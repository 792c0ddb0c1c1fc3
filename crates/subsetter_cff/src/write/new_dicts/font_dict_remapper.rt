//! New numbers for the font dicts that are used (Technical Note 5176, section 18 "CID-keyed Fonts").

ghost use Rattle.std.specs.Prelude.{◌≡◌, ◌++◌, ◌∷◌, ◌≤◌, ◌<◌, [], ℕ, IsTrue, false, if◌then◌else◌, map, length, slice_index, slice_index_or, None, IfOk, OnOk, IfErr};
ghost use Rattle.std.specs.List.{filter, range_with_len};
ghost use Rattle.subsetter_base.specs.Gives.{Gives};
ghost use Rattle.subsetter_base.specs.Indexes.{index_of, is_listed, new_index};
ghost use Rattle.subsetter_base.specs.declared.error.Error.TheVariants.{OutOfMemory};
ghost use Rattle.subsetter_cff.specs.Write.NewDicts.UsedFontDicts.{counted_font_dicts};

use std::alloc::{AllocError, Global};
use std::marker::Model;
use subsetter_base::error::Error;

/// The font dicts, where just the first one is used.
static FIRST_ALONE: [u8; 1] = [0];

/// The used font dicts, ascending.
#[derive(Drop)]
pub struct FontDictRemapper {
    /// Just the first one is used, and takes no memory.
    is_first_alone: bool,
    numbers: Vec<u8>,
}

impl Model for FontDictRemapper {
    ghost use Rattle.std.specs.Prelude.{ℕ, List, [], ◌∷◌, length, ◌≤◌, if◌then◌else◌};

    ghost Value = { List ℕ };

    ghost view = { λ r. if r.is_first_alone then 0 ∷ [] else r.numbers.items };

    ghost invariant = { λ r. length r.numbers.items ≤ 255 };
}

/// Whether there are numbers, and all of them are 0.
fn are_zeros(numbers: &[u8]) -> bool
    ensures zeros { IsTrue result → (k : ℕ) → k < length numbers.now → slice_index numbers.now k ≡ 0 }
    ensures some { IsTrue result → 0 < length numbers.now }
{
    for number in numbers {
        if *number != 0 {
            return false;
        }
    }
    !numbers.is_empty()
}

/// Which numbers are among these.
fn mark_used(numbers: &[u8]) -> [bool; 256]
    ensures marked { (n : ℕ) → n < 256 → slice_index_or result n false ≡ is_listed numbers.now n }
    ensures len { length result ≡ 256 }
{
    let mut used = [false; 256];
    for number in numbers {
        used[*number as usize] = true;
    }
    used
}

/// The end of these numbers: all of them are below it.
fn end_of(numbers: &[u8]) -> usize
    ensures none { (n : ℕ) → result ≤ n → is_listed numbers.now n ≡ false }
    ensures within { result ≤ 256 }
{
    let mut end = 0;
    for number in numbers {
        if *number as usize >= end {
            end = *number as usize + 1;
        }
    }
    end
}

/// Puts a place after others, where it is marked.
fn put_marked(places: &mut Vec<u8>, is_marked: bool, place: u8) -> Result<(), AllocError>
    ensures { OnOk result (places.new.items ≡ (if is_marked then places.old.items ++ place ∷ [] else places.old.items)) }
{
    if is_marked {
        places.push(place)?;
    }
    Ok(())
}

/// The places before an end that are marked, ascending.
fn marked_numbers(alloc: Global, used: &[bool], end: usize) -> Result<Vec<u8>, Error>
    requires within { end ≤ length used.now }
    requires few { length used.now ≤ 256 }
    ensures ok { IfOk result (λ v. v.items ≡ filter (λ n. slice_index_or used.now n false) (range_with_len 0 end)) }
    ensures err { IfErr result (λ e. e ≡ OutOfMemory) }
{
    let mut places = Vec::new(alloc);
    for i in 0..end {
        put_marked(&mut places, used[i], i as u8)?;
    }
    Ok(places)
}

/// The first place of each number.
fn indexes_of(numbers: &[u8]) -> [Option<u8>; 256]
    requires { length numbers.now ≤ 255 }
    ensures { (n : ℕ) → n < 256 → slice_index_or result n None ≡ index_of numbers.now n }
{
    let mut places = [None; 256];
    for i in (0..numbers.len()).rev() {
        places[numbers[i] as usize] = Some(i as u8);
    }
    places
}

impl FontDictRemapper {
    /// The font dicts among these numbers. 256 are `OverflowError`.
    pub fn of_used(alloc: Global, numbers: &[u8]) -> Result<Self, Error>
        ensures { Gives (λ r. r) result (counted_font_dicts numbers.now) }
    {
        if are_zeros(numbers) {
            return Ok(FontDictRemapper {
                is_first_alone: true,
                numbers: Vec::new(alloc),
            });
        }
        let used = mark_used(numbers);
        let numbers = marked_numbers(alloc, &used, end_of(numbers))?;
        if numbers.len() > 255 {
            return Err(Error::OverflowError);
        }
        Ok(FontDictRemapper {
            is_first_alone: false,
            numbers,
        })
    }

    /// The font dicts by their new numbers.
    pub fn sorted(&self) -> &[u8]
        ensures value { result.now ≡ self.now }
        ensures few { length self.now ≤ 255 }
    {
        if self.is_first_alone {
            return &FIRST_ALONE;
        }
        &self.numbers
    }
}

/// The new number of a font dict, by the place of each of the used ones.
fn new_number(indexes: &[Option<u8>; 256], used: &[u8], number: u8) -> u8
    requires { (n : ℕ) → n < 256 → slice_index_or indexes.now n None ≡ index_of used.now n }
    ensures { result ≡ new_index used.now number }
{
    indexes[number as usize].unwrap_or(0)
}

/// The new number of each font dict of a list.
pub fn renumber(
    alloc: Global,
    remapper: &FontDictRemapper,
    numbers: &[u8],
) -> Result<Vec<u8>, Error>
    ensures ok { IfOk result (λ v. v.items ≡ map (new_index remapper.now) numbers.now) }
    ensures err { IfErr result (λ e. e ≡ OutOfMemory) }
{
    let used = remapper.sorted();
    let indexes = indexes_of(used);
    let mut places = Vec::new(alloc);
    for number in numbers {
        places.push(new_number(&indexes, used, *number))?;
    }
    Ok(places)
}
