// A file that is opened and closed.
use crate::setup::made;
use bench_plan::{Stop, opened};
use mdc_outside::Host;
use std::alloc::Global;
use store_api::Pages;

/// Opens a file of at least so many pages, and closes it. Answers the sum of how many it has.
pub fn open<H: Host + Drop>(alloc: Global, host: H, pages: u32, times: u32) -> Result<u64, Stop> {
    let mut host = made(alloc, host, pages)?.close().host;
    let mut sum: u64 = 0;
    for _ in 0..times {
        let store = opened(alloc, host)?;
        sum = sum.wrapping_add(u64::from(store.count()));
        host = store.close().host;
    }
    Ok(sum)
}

============================================================

What the task requires: Among the lines above, which contain the word "Option"? Copy every one.

Finished task:
fn indexes_of(numbers: &[u8]) -> [Option<u8>; 256]
fn new_number(indexes: &[Option<u8>; 256], used: &[u8], number: u8) -> u8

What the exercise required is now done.